#### Supplied records

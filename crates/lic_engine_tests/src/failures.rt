//! Calls of the engine of whose reads one fails, or whose writer takes only a beginning of what is written.

use lic_engine::{Memory, RunFault, check, run, run_tokens};
use lic_find::Ask;
use lic_kind::Rules;
use lic_markup::{Template, read_template};
use lic_norm::Words;
use lic_set::Set;
use lic_stream::Sink;
use lic_test_streams::{Awaited, Pieces};
use std::alloc::Global;
use std::process::Abort;
use std::test::Fail;

/// Identifiers and texts of templates.
type Templates = &'static [(&'static str, &'static str)];

const ONE: Templates = &[("A", "foo bar")];

/// A word and three letters.
const LETTERS: Templates = &[("A", r#"foo <<var;name="v";original="";match=".{3}">>"#)];

/// Two templates that describe the same tokens.
const TWO: Templates = &[
    ("A", "foo bar"),
    ("B", r#"foo <<var;name="w";original="bar";match="[a-z]+">>"#),
];

/// A call of the engine.
#[derive(Clone, Copy)]
enum Call {
    Run(Ask),
    Tokens,
    Check,
}

const ALL: Call = Call::Run(Ask {
    all: true,
    after: None,
    limit: None,
});

const OUTER: Call = Call::Run(Ask {
    all: false,
    after: None,
    limit: Some(1),
});

/// A call, its templates and its input, and what it writes.
#[derive(Clone, Copy)]
struct Case {
    call: Call,
    templates: Templates,
    input: &'static [u8],
    report: &'static [u8],
}

const CASES: &[Case] = &[
    Case {
        call: ALL,
        templates: ONE,
        input: b"foo bar foo bar",
        report: b"-\tA\t0\t1\t0\t7\n-\tA\t2\t3\t8\t15\n",
    },
    Case {
        call: OUTER,
        templates: TWO,
        input: b"foo bar",
        report: b"-\tA\t0\t1\t0\t7\n-\tB\t0\t1\t0\t7\n\tw\t4\t7\tbar\n",
    },
    Case {
        call: OUTER,
        templates: LETTERS,
        input: b"foo bar foo bar",
        report: b"-\tA\t0\t1\t0\t7\n\tv\t4\t7\tbar\n-\tA\t2\t3\t8\t15\n\tv\t12\t15\tbar\n",
    },
    Case {
        call: Call::Tokens,
        templates: &[],
        input: b"foo bar",
        report: b"-\t0\t3\tfoo\n-\t4\t7\tbar\n",
    },
    Case {
        call: Call::Check,
        templates: ONE,
        input: b"",
        report: b"A\t7\tyes\n",
    },
];

/// How many reads a call makes: one for each byte of its input, and one that finds its end.
fn count_reads(case: &Case) -> usize {
    match case.call {
        Call::Check => 0,
        _ => case.input.len() + 1,
    }
}

/// A list of equivalent words, and rules.
#[derive(Drop)]
struct Lists {
    words: Words,
    rules: Rules,
}

/// No words, and the rules of the profile.
fn profile(alloc: Global) -> Lists {
    Lists {
        words: Words::none(alloc),
        rules: Rules::profile(alloc),
    }
}

/// A template under its identifier.
fn template_of(
    alloc: Global,
    id: &str,
    text: &str,
    lists: &Lists,
) -> Result<(String, Template), Fail> {
    let template = read_template(alloc, text, &lists.words, &lists.rules)?;
    Ok((id.to_string(alloc)?, template))
}

/// The set of these templates.
fn set_of(alloc: Global, templates: Templates, lists: &Lists) -> Result<Set, Fail> {
    let mut all = Vec::new(alloc);
    for (id, text) in templates {
        all.push(template_of(alloc, id, text, lists)?)?;
    }
    Ok(Set::build(alloc, all)?)
}

/// What a run answers.
fn run_engine(
    alloc: Global,
    ask: &Ask,
    set: &Set,
    lists: &Lists,
    input: &mut Pieces,
    out: &mut Awaited,
) -> Result<bool, RunFault> {
    let mut memory = Memory::new(alloc);
    run(
        &mut memory,
        "-",
        input,
        out,
        set,
        &lists.words,
        &lists.rules,
        ask,
    )
}

/// What a run that writes tokens answers.
fn run_on_tokens(
    alloc: Global,
    lists: &Lists,
    input: &mut Pieces,
    out: &mut Awaited,
) -> Result<bool, RunFault> {
    let mut memory = Memory::new(alloc);
    run_tokens(&mut memory, "-", input, out, &lists.words, &lists.rules)
}

/// What a call answers.
fn answer_of(
    alloc: Global,
    call: &Call,
    set: &Set,
    lists: &Lists,
    input: &mut Pieces,
    out: &mut Awaited,
) -> Result<bool, RunFault> {
    match call {
        Call::Run(ask) => run_engine(alloc, ask, set, lists, input, out),
        Call::Tokens => run_on_tokens(alloc, lists, input, out),
        Call::Check => check(alloc, set, &lists.words, out, &lists.rules),
    }
}

/// What a call answers, whether its writer has all that it takes, and how often it failed.
type Outcome = (Result<bool, RunFault>, bool, u64);

/// Makes a call over these templates. The read of this number fails, and the writer takes this beginning.
fn outcome_over(
    alloc: Global,
    case: &Case,
    set: &Set,
    lists: &Lists,
    fails_at: usize,
    taken: &'static [u8],
) -> Outcome {
    let mut input = Pieces::failing(case.input, fails_at);
    let mut out = Awaited::of(taken);
    let answer = answer_of(alloc, &case.call, set, lists, &mut input, &mut out);
    (answer, out.is_whole(), out.failures())
}

/// Makes a call by the rules of the profile.
fn outcome_of(
    alloc: Global,
    case: &Case,
    fails_at: usize,
    taken: &'static [u8],
) -> Result<Outcome, Fail> {
    let lists = profile(alloc);
    let set = set_of(alloc, case.templates, &lists)?;
    Ok(outcome_over(alloc, case, &set, &lists, fails_at, taken))
}

/// Fails the test where a call comes to something else than what is wanted.
fn assert_outcome(rt: &impl Abort, outcome: Outcome, wanted: Outcome, what: &str, number: usize) {
    assert_eq!(rt; outcome, wanted, "{what} {number}");
}

/// Makes a call with each of its reads failed in turn, and with none.
fn fail_reads(rt: &impl Abort, alloc: Global, case: &Case) -> Result<(), Fail> {
    let reads = count_reads(case);
    for k in 0..reads {
        let outcome = outcome_of(alloc, case, k + 1, b"")?;
        assert_outcome(rt, outcome, (Err(RunFault::Read), true, 0), "read", k);
    }
    let outcome = outcome_of(alloc, case, reads.saturating_add(1), case.report)?;
    assert_outcome(rt, outcome, (Ok(true), true, 0), "no read failed of", reads);
    Ok(())
}

#[test]
fn a_failed_read_writes_nothing(rt: HostRuntime) -> Result<(), Fail> {
    for case in CASES {
        fail_reads(&rt, rt.alloc(), case)?;
    }
    Ok(())
}

/// Makes a call with a writer that takes each beginning of what is written, and all of it.
fn fail_writes(rt: &impl Abort, alloc: Global, case: &Case) -> Result<(), Fail> {
    let all = case.report.len();
    for len in 0..all {
        let outcome = outcome_of(alloc, case, 0, &case.report[..len])?;
        assert_outcome(
            rt,
            outcome,
            (Err(RunFault::Write), true, 1),
            "a writer of",
            len,
        );
    }
    let outcome = outcome_of(alloc, case, 0, case.report)?;
    assert_outcome(rt, outcome, (Ok(true), true, 0), "a writer of all", all);
    Ok(())
}

#[test]
fn a_failed_write_keeps_a_beginning(rt: HostRuntime) -> Result<(), Fail> {
    for case in CASES {
        fail_writes(&rt, rt.alloc(), case)?;
    }
    Ok(())
}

#### Task to complete
Which lines of the data above contain the string "original"? Copy each of them.

#### Written reply
const LETTERS: Templates = &[("A", r#"foo <<var;name="v";original="";match=".{3}">>"#)];
    ("B", r#"foo <<var;name="w";original="bar";match="[a-z]+">>"#),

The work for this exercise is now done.